- **Your instructions**:
Pull every line containing "filename" from the entries.

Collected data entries

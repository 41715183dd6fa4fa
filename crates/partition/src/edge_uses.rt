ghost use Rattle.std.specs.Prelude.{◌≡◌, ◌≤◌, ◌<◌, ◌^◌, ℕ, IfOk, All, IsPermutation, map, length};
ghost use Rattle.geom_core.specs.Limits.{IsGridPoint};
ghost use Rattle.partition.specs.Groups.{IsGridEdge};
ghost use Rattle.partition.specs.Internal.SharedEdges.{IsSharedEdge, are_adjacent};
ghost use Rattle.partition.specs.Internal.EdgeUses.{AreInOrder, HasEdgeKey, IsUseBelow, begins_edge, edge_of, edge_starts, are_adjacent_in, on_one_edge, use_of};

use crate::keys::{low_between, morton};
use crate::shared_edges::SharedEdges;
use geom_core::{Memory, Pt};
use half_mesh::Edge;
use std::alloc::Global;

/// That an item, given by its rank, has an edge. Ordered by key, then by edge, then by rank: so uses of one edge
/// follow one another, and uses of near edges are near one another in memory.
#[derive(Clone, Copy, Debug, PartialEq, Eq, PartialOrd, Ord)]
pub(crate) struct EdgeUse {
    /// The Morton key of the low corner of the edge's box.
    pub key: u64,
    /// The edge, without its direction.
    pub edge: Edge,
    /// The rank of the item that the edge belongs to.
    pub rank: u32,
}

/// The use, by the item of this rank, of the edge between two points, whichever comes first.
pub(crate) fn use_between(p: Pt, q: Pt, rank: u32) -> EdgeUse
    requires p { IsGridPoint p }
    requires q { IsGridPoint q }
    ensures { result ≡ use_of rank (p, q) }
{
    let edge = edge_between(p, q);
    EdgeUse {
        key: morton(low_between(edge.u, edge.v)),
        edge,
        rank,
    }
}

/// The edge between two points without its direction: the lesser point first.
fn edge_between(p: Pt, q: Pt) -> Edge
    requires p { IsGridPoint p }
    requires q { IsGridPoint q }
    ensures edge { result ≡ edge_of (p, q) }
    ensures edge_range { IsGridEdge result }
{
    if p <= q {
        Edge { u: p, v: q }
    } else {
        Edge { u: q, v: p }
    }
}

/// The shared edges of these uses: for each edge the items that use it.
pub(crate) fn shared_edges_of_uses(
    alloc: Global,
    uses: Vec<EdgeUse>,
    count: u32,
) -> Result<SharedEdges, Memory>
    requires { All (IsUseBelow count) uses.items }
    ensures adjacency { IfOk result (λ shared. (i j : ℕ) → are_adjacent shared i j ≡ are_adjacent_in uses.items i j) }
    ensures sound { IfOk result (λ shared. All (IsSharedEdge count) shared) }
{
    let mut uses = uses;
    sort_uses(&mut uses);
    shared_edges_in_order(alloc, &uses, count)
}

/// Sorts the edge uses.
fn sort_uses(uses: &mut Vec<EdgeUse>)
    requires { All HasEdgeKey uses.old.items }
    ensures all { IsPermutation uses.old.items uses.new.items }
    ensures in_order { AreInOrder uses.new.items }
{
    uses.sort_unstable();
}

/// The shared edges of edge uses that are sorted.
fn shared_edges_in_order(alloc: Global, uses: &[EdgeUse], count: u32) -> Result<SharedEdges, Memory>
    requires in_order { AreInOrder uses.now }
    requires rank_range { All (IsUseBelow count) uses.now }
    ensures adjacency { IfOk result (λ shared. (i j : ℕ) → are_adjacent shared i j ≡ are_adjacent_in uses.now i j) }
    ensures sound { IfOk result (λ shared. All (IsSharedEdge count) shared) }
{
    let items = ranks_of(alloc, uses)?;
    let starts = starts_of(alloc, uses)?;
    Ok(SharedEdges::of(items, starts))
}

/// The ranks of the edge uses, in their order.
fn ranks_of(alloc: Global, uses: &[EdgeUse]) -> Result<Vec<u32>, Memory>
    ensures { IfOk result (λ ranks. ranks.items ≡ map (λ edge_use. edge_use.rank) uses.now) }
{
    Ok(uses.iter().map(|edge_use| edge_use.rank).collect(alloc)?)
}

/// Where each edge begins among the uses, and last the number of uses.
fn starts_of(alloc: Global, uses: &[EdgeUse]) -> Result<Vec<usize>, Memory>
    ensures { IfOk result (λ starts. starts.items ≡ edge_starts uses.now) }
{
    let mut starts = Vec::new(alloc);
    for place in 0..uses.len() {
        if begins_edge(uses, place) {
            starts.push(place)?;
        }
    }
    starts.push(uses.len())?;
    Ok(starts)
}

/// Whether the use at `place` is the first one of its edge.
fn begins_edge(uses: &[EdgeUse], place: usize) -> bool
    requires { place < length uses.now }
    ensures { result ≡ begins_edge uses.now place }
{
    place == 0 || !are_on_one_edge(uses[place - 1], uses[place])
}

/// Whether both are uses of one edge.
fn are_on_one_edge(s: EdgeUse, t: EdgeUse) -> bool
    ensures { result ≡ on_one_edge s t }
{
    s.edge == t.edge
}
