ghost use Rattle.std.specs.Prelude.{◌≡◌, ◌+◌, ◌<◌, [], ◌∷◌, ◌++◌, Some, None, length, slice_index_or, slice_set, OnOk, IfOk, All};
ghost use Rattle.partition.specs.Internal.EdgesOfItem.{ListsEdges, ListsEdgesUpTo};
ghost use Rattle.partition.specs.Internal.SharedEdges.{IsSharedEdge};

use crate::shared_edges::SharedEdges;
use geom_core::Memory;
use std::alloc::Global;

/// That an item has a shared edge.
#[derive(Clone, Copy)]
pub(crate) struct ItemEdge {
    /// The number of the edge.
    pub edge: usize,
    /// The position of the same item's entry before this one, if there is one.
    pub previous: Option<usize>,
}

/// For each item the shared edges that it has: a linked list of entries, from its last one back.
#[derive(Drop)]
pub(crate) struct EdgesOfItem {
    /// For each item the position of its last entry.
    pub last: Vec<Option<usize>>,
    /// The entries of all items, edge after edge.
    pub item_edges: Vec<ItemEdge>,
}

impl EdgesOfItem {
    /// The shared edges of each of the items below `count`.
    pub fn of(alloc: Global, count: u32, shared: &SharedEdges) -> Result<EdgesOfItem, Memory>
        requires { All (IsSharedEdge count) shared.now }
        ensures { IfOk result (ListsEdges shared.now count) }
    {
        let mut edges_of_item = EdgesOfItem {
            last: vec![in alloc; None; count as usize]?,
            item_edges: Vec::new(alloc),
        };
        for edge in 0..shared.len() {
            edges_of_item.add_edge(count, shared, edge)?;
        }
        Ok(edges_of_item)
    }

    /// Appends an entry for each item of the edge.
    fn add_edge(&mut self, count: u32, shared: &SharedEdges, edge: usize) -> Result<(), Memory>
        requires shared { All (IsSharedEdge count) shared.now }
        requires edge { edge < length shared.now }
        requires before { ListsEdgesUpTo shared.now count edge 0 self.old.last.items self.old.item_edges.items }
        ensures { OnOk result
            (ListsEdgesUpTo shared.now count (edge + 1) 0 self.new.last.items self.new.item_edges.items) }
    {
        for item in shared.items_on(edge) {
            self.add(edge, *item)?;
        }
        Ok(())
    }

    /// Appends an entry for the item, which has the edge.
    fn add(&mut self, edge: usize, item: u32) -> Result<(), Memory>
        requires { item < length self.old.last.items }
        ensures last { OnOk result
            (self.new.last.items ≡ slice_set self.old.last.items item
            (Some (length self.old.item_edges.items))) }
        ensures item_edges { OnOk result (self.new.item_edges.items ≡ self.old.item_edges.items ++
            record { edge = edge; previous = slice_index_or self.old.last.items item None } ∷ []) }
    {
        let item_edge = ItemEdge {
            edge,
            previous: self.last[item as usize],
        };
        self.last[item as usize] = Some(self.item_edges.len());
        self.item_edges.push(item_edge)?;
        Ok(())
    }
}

...

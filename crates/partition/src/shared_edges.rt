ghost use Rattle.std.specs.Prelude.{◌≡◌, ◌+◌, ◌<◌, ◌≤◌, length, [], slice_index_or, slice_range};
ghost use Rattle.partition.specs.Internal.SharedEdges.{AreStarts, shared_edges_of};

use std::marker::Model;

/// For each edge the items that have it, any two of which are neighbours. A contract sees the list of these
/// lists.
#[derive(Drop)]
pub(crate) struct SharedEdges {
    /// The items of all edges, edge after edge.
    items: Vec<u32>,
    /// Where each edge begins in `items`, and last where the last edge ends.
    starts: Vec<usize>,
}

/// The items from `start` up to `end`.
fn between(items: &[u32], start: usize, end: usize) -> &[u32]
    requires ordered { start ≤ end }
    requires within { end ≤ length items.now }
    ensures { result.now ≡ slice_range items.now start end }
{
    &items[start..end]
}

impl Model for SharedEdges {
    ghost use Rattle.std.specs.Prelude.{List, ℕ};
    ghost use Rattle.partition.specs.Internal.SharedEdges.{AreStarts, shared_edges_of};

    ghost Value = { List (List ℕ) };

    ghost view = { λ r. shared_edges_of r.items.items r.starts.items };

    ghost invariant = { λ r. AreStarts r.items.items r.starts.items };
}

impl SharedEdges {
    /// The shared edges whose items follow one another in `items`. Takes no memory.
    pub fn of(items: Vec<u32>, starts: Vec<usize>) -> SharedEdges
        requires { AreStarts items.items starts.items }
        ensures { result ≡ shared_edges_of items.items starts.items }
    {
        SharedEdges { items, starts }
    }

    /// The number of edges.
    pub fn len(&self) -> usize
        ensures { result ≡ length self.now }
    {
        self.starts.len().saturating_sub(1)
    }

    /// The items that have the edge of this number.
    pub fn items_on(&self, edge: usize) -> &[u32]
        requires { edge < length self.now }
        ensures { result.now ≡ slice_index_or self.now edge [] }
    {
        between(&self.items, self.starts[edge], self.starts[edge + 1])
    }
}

--

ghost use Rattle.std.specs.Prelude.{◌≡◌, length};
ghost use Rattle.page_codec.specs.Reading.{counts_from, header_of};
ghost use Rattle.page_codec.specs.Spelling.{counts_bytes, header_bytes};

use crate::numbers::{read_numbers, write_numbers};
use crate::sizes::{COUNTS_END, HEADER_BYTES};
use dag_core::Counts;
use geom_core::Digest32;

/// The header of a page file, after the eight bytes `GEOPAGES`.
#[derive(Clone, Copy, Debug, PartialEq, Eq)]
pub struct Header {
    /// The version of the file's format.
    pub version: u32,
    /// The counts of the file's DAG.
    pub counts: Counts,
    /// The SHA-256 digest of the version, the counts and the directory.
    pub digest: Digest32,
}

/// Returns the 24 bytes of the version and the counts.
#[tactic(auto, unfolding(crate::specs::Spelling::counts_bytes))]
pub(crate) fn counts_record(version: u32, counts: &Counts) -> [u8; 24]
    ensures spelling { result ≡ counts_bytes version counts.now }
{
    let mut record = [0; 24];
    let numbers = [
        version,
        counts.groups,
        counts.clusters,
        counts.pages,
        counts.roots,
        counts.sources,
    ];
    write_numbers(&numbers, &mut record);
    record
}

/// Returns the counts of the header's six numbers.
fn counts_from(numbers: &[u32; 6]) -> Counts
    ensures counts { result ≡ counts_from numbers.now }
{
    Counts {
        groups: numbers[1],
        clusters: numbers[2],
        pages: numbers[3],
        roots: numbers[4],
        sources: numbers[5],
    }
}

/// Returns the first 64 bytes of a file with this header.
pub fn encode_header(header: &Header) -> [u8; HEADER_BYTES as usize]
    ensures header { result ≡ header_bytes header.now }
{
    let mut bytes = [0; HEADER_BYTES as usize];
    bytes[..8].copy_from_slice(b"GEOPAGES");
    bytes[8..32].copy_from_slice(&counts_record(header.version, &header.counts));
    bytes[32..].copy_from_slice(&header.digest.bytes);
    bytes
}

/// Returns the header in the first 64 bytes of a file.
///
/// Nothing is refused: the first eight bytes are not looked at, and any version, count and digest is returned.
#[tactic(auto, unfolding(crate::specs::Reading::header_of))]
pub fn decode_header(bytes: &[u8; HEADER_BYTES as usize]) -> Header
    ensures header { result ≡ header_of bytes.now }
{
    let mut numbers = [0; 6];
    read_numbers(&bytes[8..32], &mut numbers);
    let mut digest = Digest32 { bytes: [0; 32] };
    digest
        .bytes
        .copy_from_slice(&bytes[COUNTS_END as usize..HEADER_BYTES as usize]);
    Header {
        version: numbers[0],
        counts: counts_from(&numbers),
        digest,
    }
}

- **Exercise answer**:
filename crates/partition/src/edge_uses.rt
filename crates/partition/src/shared_edges.rt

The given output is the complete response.